Automated Transcription of Non-Latin Script Periodicals: A Case Study in the Ottoman Turkish Print Archive

Dominique Daniel's picture

Article of interest:

Suphan Kirmizialtin and David Joseph Wrisley, "Automated Transcription of Non-Latin Script Periodicals: A Case Study in the Ottoman Turkish Print Archive," Digital Humanities Quarterly 16 no. 2 (2022), http://www.digitalhumanities.org/dhq/vol/16/2/000577/000577.html

Our study discusses the automated transcription with deep learning methods of a digital newspaper collection printed in a historical language, Arabic-script Ottoman Turkish (OT), dating to the late nineteenth- and early twentieth-century. We situate OT text collections within a larger history of digitization of periodicals, underscoring special challenges faced by Arabic script languages. Our paper approaches the question of automated transcription of non-Latin script languages, such as OT, from the broader perspective of debates surrounding OCR use for historical archives. In our study with OT, we have opted for training handwritten text recognition (HTR) models that generate transcriptions in the left-to-right, Latin writing system familiar to contemporary readers of Turkish, and not, as some scholars may expect, in right-to-left Arabic script text.
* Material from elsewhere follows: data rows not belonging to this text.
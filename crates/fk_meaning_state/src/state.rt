//! The state of a run.

ghost use Rattle.std.specs.Prelude.{◌≡◌, ◌+◌, ◌^◌, ◌≤◌, length, slice_index, IfOk};
ghost use Rattle.std.specs.Borrow.{sem};
ghost use Rattle.fk_meaning_store.specs.View.{processors_of};
ghost use Rattle.fk_meaning.specs.Schedule as run;
ghost use Rattle.fk_meaning.specs.Next.{Work};
ghost use Rattle.fk_meaning_state.specs.View.{state_of, store_in, tree_in, processors_in};
ghost use Rattle.fk_meaning_state.specs.Lending.{LendsStore};

use crate::processor::{Processor, beginners};
use crate::setting::Setting;
use fk_meaning_store::Store32;
use fk_tree::Tree;
use std::alloc::{AllocError, Global};

/// The state of a run that hasn't faulted: the store, the tree of groups, and the processors. The
/// work that the processors have left is kept elsewhere; before the first round each of them has
/// the whole `main` left.
#[derive(Drop)]
pub struct State {
    store: Store32,
    tree: Tree,
    processors: Vec<Processor>,
}

impl State {
    /// The state before the first round: `p` processors at the beginning, with the initial values
    /// of shared data and of the private variables of file scope, and the input numbers.
    pub(crate) fn first(
        alloc: Global,
        words: &[u32],
        firsts: &[u32],
        input: &[u32],
        p: u32,
    ) -> Result<State, AllocError>
        requires words { length words.now + length input.now ≤ 2 ^ 19 }
        requires some { 1 ≤ p }
        requires few { p ≤ 1024 }
        // This holds for whatever work all of them have left.
        ensures opening { IfOk result (λ state. (left : Work) → state_of left state
            ≡ run.opening p words.now input.now (slice_index firsts.now) left) }
        ensures processors { IfOk result (λ state. processors_of (store_in state) ≡ p) }
    {
        let setting = Setting {
            processors: p,
            globals: words.len() as u32,
            inputs: input.len() as u32,
        };
        let store = Store32::new(alloc, words, input, p)?;
        let tree = Tree::root(alloc, p)?;
        let processors = beginners(alloc, setting, firsts)?;
        Ok(State {
            store,
            tree,
            processors,
        })
    }

    /// The store that all processors share. Changes made through it change only the store.
    pub fn store(&mut self) -> &mut Store32
        ensures* writes_back { sem 𝓛 (LendsStore self.entry result) }
        ensures value { result.now ≡ store_in self.old }
    {
        &mut self.store
    }

    /// The tree of groups.
    pub fn tree(&self) -> &Tree
        ensures { result.now ≡ tree_in self.now }
    {
        &self.tree
    }

    /// The processors, in the order of their numbers.
    pub fn processors(&self) -> &[Processor]
        ensures { result.now ≡ processors_in self.now }
    {
        &self.processors
    }
}
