//! The constants of a run.

ghost use Rattle.std.specs.Prelude.{◌+◌, ◌^◌, ◌≤◌};

use fk_space::Space;

/// The number of words of shared data.
const SHARED_WORDS: u32 = 1 << 20;

/// The constants of a run: the numbers of processors, of words of globals and of input numbers.
#[derive(Clone, Copy)]
pub struct Setting {
    pub processors: u32,
    pub globals: u32,
    pub inputs: u32,
    ghost fits: { globals + inputs ≤ 2 ^ 19 },
}

impl Setting {
    ghost use Rattle.std.specs.Prelude.{◌≡◌};
    ghost use Rattle.fk_meaning.specs.Processor.{group_space};
    ghost use Rattle.fk_meaning_state.specs.View.{setting_of};

    /// The constants of a run with these numbers of processors, words of globals and input numbers.
    pub fn of(processors: u32, globals: u32, inputs: u32) -> Setting
        requires fits { globals + inputs ≤ 2 ^ 19 }
        ensures { setting_of result
            ≡ record { processors = processors; globals = globals; inputs = inputs } }
    {
        Setting {
            processors,
            globals,
            inputs,
        }
    }

    /// The group space: one half, rounded down, of the words of shared data after the globals and
    /// the input numbers.
    pub(crate) fn group_space(self) -> Space
        ensures { result ≡ group_space (setting_of self) }
    {
        let taken = self.globals + self.inputs;
        Space::whole(taken, (SHARED_WORDS - taken) / 2)
    }
}
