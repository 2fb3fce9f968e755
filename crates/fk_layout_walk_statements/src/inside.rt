//! The function around statements.

/// The facts about a function that its statements need.
#[derive(Clone, Copy, PartialEq, Eq, Debug)]
pub struct Inside {
    /// Whether the function is `main`.
    pub main: bool,
    /// Whether calls of the function have a group frame of their own.
    pub framed: bool,
}
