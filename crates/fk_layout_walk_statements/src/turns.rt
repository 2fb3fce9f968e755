//! The parts of a loop besides its body.

use fk_syntax::Expr;

/// A loop, without its body.
#[derive(Clone, Copy)]
pub(crate) enum Turns<'s, 'a> {
    /// The condition, then the body.
    While(&'s Expr<'a>),
    /// The body, then the condition.
    Until(&'s Expr<'a>),
    /// The condition, then the body, then the step.
    For(&'s Option<Expr<'a>>, &'s Option<Expr<'a>>),
}
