// A `for`: its first expression, and then the loop.
#[cycle(statement)]
fn count_up<'s, 't, V: Visitor>(
    known: &ProgramTables,
    visitor: &mut V,
    inside: Inside,
    spot: Spot,
    before: &'s Option<Expr<'t>>,
    body: &'s Stmt<'t>,
    turns: Turns<'s, 't>,
) -> Option<()>
    requires { IsSound known.now }
    ensures { LeadsOn V.after V.counts (functions_of known.now) visitor.old visitor.new result
        (λ rest. s.used_or (tables_of known.now) (functions_of known.now)
        (option_map tree_of before.now) (s.looping (tables_of known.now) (functions_of known.now)
        spot (loop_of (tables_of known.now) (functions_of known.now) spot
        (s.executed (tables_of known.now) (functions_of known.now) (inside_of inside)
        (statement_of body.now) c.done) turns.entry) rest)) }
{
    used_or(known, visitor, before)?;
    repeat(known, visitor, inside, spot, body, turns)
}

// A loop. If a group splits at it, it runs in a part, which each member leaves by itself.
#[cycle(statement)]
fn repeat<'s, 't, V: Visitor>(
    known: &ProgramTables,
    visitor: &mut V,
    inside: Inside,
    spot: Spot,
    body: &'s Stmt<'t>,
    turns: Turns<'s, 't>,
) -> Option<()>
    requires { IsSound known.now }
    ensures { LeadsOn V.after V.counts (functions_of known.now) visitor.old visitor.new result
        (s.looping (tables_of known.now) (functions_of known.now) spot
        (loop_of (tables_of known.now) (functions_of known.now) spot
        (s.executed (tables_of known.now) (functions_of known.now) (inside_of inside)
        (statement_of body.now) c.done) turns.entry)) }
{
    if known.note(spot.at).splits {
        let before = visitor.mark();
        choose(visitor, Operation::Split(SplitKind::Loop), spot.place);
        let within = visitor.mark();
        frame(known, visitor, spot.at, false, spot.place);
        turn(known, visitor, inside, spot, body, turns);
        let behind = visitor.mark();
        visitor.meet(Event::Aside(within));
        visitor.meet(Event::Joined(before, behind));
        plain(visitor, Operation::Resume);
        Some(())
    } else {
        turn(known, visitor, inside, spot, body, turns);
        Some(())
    }
}

// A loop: its test, its body and its step, in the order in which a turn runs them.
#[cycle(statement)]
fn turn<'s, 't, V: Visitor>(
    known: &ProgramTables,
    visitor: &mut V,
    inside: Inside,
    spot: Spot,
    body: &'s Stmt<'t>,
    turns: Turns<'s, 't>,
)
    requires { IsSound known.now }
    ensures { Passes V.after V.counts (functions_of known.now) visitor.old visitor.new
        (loop_of (tables_of known.now) (functions_of known.now) spot
        (s.executed (tables_of known.now) (functions_of known.now) (inside_of inside)
        (statement_of body.now) c.done) turns.entry) }
{
    match turns {
        Turns::While(condition) => {
            visitor.meet(Event::While);
            test(known, visitor, spot, condition);
            visitor.meet(Event::Part);
            way(known, visitor, inside, body, false);
            visitor.meet(Event::Part);
            visitor.meet(Event::Behind);
        }
        Turns::Until(condition) => {
            visitor.meet(Event::Until);
            way(known, visitor, inside, body, false);
            visitor.meet(Event::Part);
            test(known, visitor, spot, condition);
            visitor.meet(Event::Behind);
        }
        Turns::For(condition, after) => {
            visitor.meet(Event::While);
            test_or(known, visitor, spot, condition);
            visitor.meet(Event::Part);
            way(known, visitor, inside, body, false);
            visitor.meet(Event::Part);
            step(known, visitor, after);
            visitor.meet(Event::Behind);
        }
    }
}
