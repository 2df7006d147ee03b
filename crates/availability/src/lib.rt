//! Which commands of a path are available under a configuration, and their word numbers. For the kind of item that they are.
#![tactic(auto)]

ghost use Rattle.std.specs.Prelude.{◌≡◌, ◌<◌, ◌≤◌, false, slice_index_or};
ghost use Rattle.availability.specs.Available.{has_lines, has_curve, allowed, uses_mode, available, before, numbered};

use bits::has_bit;
use commands::{COMMANDS, Choice, row};
use configurations::{Flag, PathFields};
use lengths::Mode;

/// Whether L is there.
fn has_lines(fields: PathFields) -> bool
    ensures { result ≡ has_lines fields }
{
    !fields.flagged(Flag::OtherLines as u8) || fields.lines != 0
}

/// Whether one of C, S, Q and T is there, by the weight of its bit.
fn has_curve(fields: PathFields, k: u8) -> bool
    ensures { result ≡ has_curve k fields }
{
    !fields.flagged(Flag::NoCurves as u8) && !has_bit(u32::from(fields.curves), k)
}

/// Whether a configuration has made a choice.
fn allows(fields: PathFields, choice: Choice) -> bool
    ensures { result ≡ allowed fields choice }
{
    match choice {
        Choice::Move => !fields.flagged(Flag::NoMove as u8),
        Choice::Line => has_lines(fields),
        Choice::MoreLines => has_lines(fields) && !fields.flagged(Flag::OneLine as u8),
        Choice::Horizontal => fields.flagged(Flag::OtherLines as u8)
            && (fields.lines == 1 || fields.lines == 3),
        Choice::Vertical => fields.flagged(Flag::OtherLines as u8)
            && (fields.lines == 2 || fields.lines == 3),
        Choice::Close => !fields.flagged(Flag::NoClose as u8),
        Choice::Curve => has_curve(fields, 3),
        Choice::SmoothCurve => has_curve(fields, 2),
        Choice::Quadratic => has_curve(fields, 1),
        Choice::SmoothQuadratic => has_curve(fields, 0),
        Choice::Arc => !fields.flagged(Flag::NoArc as u8),
        Choice::End => true,
    }
}

/// Whether a configuration uses a mode.
fn uses(fields: PathFields, mode: Option<Mode>) -> bool
    ensures { result ≡ uses_mode fields mode }
{
    match mode {
        Some(Mode::Absolute) => fields.uses_absolute(),
        Some(Mode::Relative) => fields.uses_relative(),
        None => true,
    }
}

/// Whether the command of a number is available. DONE is, and no number over 25.
#[tactic(auto, using(crate::proofs::Ranks::available_is))]
pub fn is_available(fields: PathFields, number: u8) -> bool
    ensures { result ≡ slice_index_or (available fields) number false }
{
    let entry = row(number);
    number < COMMANDS && uses(fields, entry.mode) && allows(fields, entry.choice)
}

/// How many commands before a number are available.
pub fn count_before(fields: PathFields, number: u8) -> u16
    ensures value { result ≡ before (available fields) number }
    ensures bound { result ≤ number }
{
    (0..number).filter(|n| is_available(fields, *n)).count() as u16
}

/// The number of the available command that has a word number.
pub fn number_of(fields: PathFields, word: u16) -> u8
    requires { word < before (available fields) 26 }
    ensures value { result ≡ numbered (available fields) word }
    ensures bound { result < 26 }
{
    (0..COMMANDS)
        .filter(|n| is_available(fields, *n))
        .nth(word as usize)
        .unwrap_or(0)
}
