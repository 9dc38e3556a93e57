// Whether a file is house-written (request #114's word for one that document 01's writing
// rules would have produced): its records are read one after another, and the codes of each
// are compared with the file's bytes.
// A label's bytes and its length stand apart: C lends the bytes and has the length in its stand.
#![tactic(auto)]

ghost use Rattle.std.specs.Prelude.{◌≡◌, ◌+◌, ◌-◌, ◌≤◌, length, take, drop, Ok};
ghost use Rattle.format.specs.Bytes.{same};
ghost use Rattle.format.specs.Fields.{record_of};
ghost use Rattle.format.specs.Header.{file_limit};
ghost use Rattle.format.specs.WellFormed.{WellFormed};
ghost use Rattle.format.specs.Codes.{codes, codes_limit, closing, header_codes, header_limit};
ghost use Rattle.format.specs.Label.{label_limit};
ghost use Rattle.part.specs.Lays.{Puts};
ghost use Rattle.scan.specs.Keeping.{Swaps, Keeps};
ghost use Rattle.scan.specs.Places.{state_at};
ghost use Rattle.judge.specs.Walking.{Ready, Met, Takes, Briefs, Passes, Stretches};
ghost use Rattle.judge.specs.Judging.{OldOpens, old_header, Begins, Fails, Judges, JudgesRest};

use format::{Fields, LABEL_LIMIT, Refusal, Setting};
use header::Head;
use scan::{Found, Place};

// A run of `count` records from `first` on.
#[derive(Clone, Copy)]
pub struct Run {
    pub first: usize,
    pub count: usize,
}

// What stands next: what the writing rules do not give; the end; or a record, and where
// reading then stands.
#[derive(Clone, Copy)]
pub enum Taken {
    Foreign,
    End,
    Record { place: Place, fields: Fields },
}

// The same of some records: the end comes after fewer, or they are passed.
#[derive(Clone, Copy)]
enum Stretch {
    Foreign,
    End { records: usize },
    Passed { place: Place },
}

// A file that is not house-written; one that is and has too few records; or where
// reading stands before the run and behind it, with so many records to follow.
#[derive(Clone, Copy)]
pub enum Judged {
    Foreign,
    Short {
        records: usize,
    },
    Cut {
        front: Place,
        back: Place,
        rest: usize,
    },
}

// The bytes of the longest header. No record has more codes.
pub const HEADER_LIMIT: usize = 4187;

// Room for the codes of the header or of a record.
pub fn room() -> [u8; HEADER_LIMIT]
    ensures { length result ≡ header_limit }
{
    [0; HEADER_LIMIT]
}

// Whether these codes stand in the file from `at` on.
fn stands(file: &[u8], at: usize, codes: &[u8]) -> bool
    requires { (at ≤ length file.now) × (length file.now ≤ file_limit) × (length codes.now ≤ header_limit) }
    ensures { result ≡ same (take (length codes.now) (drop at file.now)) codes.now }
{
    let end = at + codes.len();
    if file.len() < end {
        return false;
    }
    wire::same_bytes(&file[at..end], codes)
}

// ---- one record

// A label of len bytes, copied into another buffer.
fn copy_label(label: &[u8; LABEL_LIMIT], len: usize, spare: &mut [u8; LABEL_LIMIT]) -> usize
    requires { (len ≤ label_limit) × (length label.now ≡ label_limit) × (length spare.old ≡ label_limit) }
    ensures { Swaps spare.new (take len label.now) result }
{
    scan::swap_label(spare, 0, &label[..len])
}

// The codes of a record of this name, after what reading finds at `from`.
fn put_codes(
    room: &mut [u8],
    from: Place,
    last: &[u8; LABEL_LIMIT],
    name: &[u8],
    fields: Fields,
) -> usize
    requires { (from.len ≤ label_limit) × (length last.now ≡ label_limit) × WellFormed (record_of fields name.now) }
    ensures { Puts room.old room.new (codes (state_at from last.now) (record_of fields name.now)) codes_limit result }
{
    codes::put_record(room, from.setting, &last[..from.len], name, fields)
}

// The record that reading made, of this name, held to the writing rules.
fn take_made(
    file: &[u8],
    from: Place,
    label: &mut [u8; LABEL_LIMIT],
    name: &[u8],
    fields: Fields,
    room: &mut [u8],
) -> Taken
    requires { Ready file.now from label.old × Met file.now from label.old (record_of fields name.now) × (length name.now ≤ label_limit) × (length room.old ≡ header_limit) }
    ensures { Takes file.now from label.old (Ok result) label.new × (length room.new ≡ header_limit) }
{
    let size = put_codes(room, from, label, name, fields);
    if !stands(file, from.at, &room[..size]) {
        return Taken::Foreign;
    }
    let place = Place {
        at: from.at + size,
        len: scan::keep_label(label, from.len, name, fields),
        setting: counts::setting_after(from.setting, fields),
    };
    Taken::Record { place, fields }
}

// The end that reading met, held to the writing rules.
fn take_end(file: &[u8], from: Place, room: &mut [u8]) -> bool
    requires { (from.at ≤ length file.now) × (length room.old ≡ header_limit) }
    ensures { (result ≡ same (drop from.at file.now) (closing from.setting.style)) × (length room.new ≡ header_limit) }
{
    let size = frame::put_closing(room, from.setting.style);
    wire::same_bytes(&file[from.at..], &room[..size])
}

// The next record of a file that is as the writing rules give it up to here. The label's
// bytes are lent; so is a spare buffer, and room for a record's codes.
pub fn take_record(
    file: &[u8],
    from: Place,
    label: &mut [u8; LABEL_LIMIT],
    spare: &mut [u8; LABEL_LIMIT],
    room: &mut [u8],
) -> Result<Taken, Refusal>
    requires { Ready file.now from label.old × (length spare.old ≡ label_limit) × (length room.old ≡ header_limit) }
    ensures { Takes file.now from label.old result label.new × (length spare.new ≡ label_limit) × (length room.new ≡ header_limit) }
{
    let len = copy_label(label, from.len, spare);
    let found = scan::next_record(file, 8, Place { len, ..from }, spare)?;
    match found {
        Found::End => {
            if take_end(file, from, room) {
                return Ok(Taken::End);
            }
            Ok(Taken::Foreign)
        }
        Found::Record { place: to, fields } => {
            Ok(take_made(file, from, label, &spare[..to.len], fields, room))
        }
    }
}

// ---- the commonest record, without its codes

// A LINE whose label part is one byte, and which is as the writing rules give it: how
// many bytes of the label stay, and how many come.
#[derive(Clone, Copy)]
struct Brief {
    keep: usize,
    add: usize,
}

// The LINE at the front of s that is so, after a label of len bytes. No more of the label could have
// stayed where nothing is dropped, nothing comes, or the first bytes differ.
fn brief_line(s: &[u8], label: &[u8; LABEL_LIMIT], len: usize) -> Option<Brief>
    requires { (len ≤ label_limit) × (length label.now ≡ label_limit) }
    ensures { Briefs result s.now (take len label.now) }
{
    if s.len() < 29 {
        return None;
    }
    let code = s[0];
    if code < 0x40 {
        return None;
    }
    if 0x47 < code {
        return None;
    }
    let part = number::index(s[1]);
    let off = part / 16;
    let add = part % 16;
    if part == 0 {
        return None;
    }
    if len < off {
        return None;
    }
    let keep = len - off;
    if LABEL_LIMIT - 16 < keep {
        return None;
    }
    if off != 0 {
        if add != 0 {
            if label[keep] == s[2] {
                return None;
            }
        }
    }
    Some(Brief { keep, add })
}

// The leg that such a LINE makes where a position is set: where reading then stands.
fn take_brief(file: &[u8], from: Place, label: &mut [u8; LABEL_LIMIT]) -> Option<Place>
    requires { Ready file.now from label.old }
    ensures { Passes file.now from label.old result label.new }
{
    let at = from.at;
    let len = from.len;
    let setting = from.setting;
    let Some(_) = setting.position else {
        return None;
    };
    let rest = &file[at..];
    let line = brief_line(rest, label, len)?;
    let end = 2 + line.add;
    let m = scan::relabel(label, len, len - line.keep, &rest[2..end]);
    let point = decode::get_point(&rest[end..]);
    let after = Setting {
        position: Some(point),
        ..setting
    };
    Some(Place {
        at: at + 14 + line.add,
        len: m,
        setting: after,
    })
}

// ---- a stretch of records

// At most `limit` records from a place on, each held to the writing rules.
fn judge_records(
    file: &[u8],
    from: Place,
    label: &mut [u8; LABEL_LIMIT],
    limit: usize,
) -> Result<Stretch, Refusal>
    requires { Ready file.now from label.old }
    ensures { Stretches file.now from label.old limit result label.new }
{
    let mut room = room();
    let mut spare = label::blank();
    let mut place = from;
    for passed in 0..limit {
        if let Some(to) = take_brief(file, place, label) {
            place = to;
            continue;
        }
        let taken = take_record(file, place, label, &mut spare.bytes, &mut room)?;
        match taken {
            Taken::Foreign => return Ok(Stretch::Foreign),
            Taken::End => return Ok(Stretch::End { records: passed }),
            Taken::Record { place: to, .. } => place = to,
        }
    }
    Ok(Stretch::Passed { place })
}

// ---- a file whole

// Whether the header's codes are those that the writing rules give.
fn our_header(file: &[u8], old: Head) -> bool
    requires { OldOpens file.now old }
    ensures { result ≡ same (take old.place file.now) (header_codes (old_header file.now old)) }
{
    let ends = 24 + old.title;
    let from = ends + 1;
    let stops = from + old.time;
    let mut room = room();
    let n = frame::put_header(&mut room, old.extended, &file[24..ends], &file[from..stops]);
    wire::same_bytes(&file[..old.place], &room[..n])
}

// A file that is not house-written: the reader's refusal comes first.
fn foreign(file: &[u8], old: Head) -> Result<Judged, Refusal>
    requires { old.place ≤ length file.now }
    ensures { Fails file.now old result }
{
    let mut name = label::blank();
    let mut place = scan::first_place(old.place);
    // Records differ in size: reading gives the place of the next.
    loop {
        let found = scan::next_record(file, old.version, place, &mut name.bytes)?;
        match found {
            Found::End => return Ok(Judged::Foreign),
            Found::Record { place: to, .. } => place = to,
        }
    }
}

// The records behind the run: the file is house-written where they and its end are as
// the writing rules give them. A file has fewer records than bytes.
fn judge_rest(
    file: &[u8],
    old: Head,
    run: Run,
    front: Place,
    back: Place,
    behind: &[u8; LABEL_LIMIT],
) -> Result<Judged, Refusal>
    requires { Begins file.now old (run.first + run.count) back behind.now }
    ensures { JudgesRest file.now old run front result behind.now }
{
    let mut last = label::blank();
    let len = copy_label(behind, back.len, &mut last.bytes);
    let three = judge_records(file, Place { len, ..back }, &mut last.bytes, file.len())?;
    match three {
        Stretch::Foreign => foreign(file, old),
        Stretch::End { records: rest } => Ok(Judged::Cut { front, back, rest }),
        Stretch::Passed { .. } => foreign(file, old),
    }
}

// The run and what is behind it.
fn judge_run(
    file: &[u8],
    old: Head,
    run: Run,
    front: Place,
    before: &[u8; LABEL_LIMIT],
    behind: &mut [u8; LABEL_LIMIT],
) -> Result<Judged, Refusal>
    requires { Begins file.now old run.first front before.now × (length behind.old ≡ label_limit) }
    ensures { Judges file.now old run result before.now behind.new }
{
    let len = copy_label(before, front.len, behind);
    let two = judge_records(file, Place { len, ..front }, behind, run.count)?;
    match two {
        Stretch::Foreign => foreign(file, old),
        Stretch::End { records } => Ok(Judged::Short {
            records: run.first + records,
        }),
        Stretch::Passed { place: back } => judge_rest(file, old, run, front, back, behind),
    }
}

// Judges a file that was opened, and finds a run of its records: the labels before the
// run and behind it are left in the buffers.
pub fn judge(
    file: &[u8],
    old: Head,
    run: Run,
    before: &mut [u8; LABEL_LIMIT],
    behind: &mut [u8; LABEL_LIMIT],
) -> Result<Judged, Refusal>
    requires { OldOpens file.now old × (length before.old ≡ label_limit) × (length behind.old ≡ label_limit) }
    ensures { Judges file.now old run result before.new behind.new }
{
    if !our_header(file, old) {
        return foreign(file, old);
    }
    let start = scan::first_place(old.place);
    let one = judge_records(file, start, before, run.first)?;
    match one {
        Stretch::Foreign => foreign(file, old),
        Stretch::End { records } => Ok(Judged::Short { records }),
        Stretch::Passed { place: front } => judge_run(file, old, run, front, before, behind),
    }
}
As a one-to-one correspondence between the writing systems of OT and modern Turkish does not exist, we also discuss approaches to transcription and the creation of ground truth and argue that the challenges faced in the training of HTR models also draw into question straightforward notions of transcription, especially where divergent writing systems are involved. Finally, we reflect on potential domain bias of HTR models in other historical languages exhibiting spatio-temporal variance as well as the significance of working between writing systems for language communities that also have experienced language reform and script change.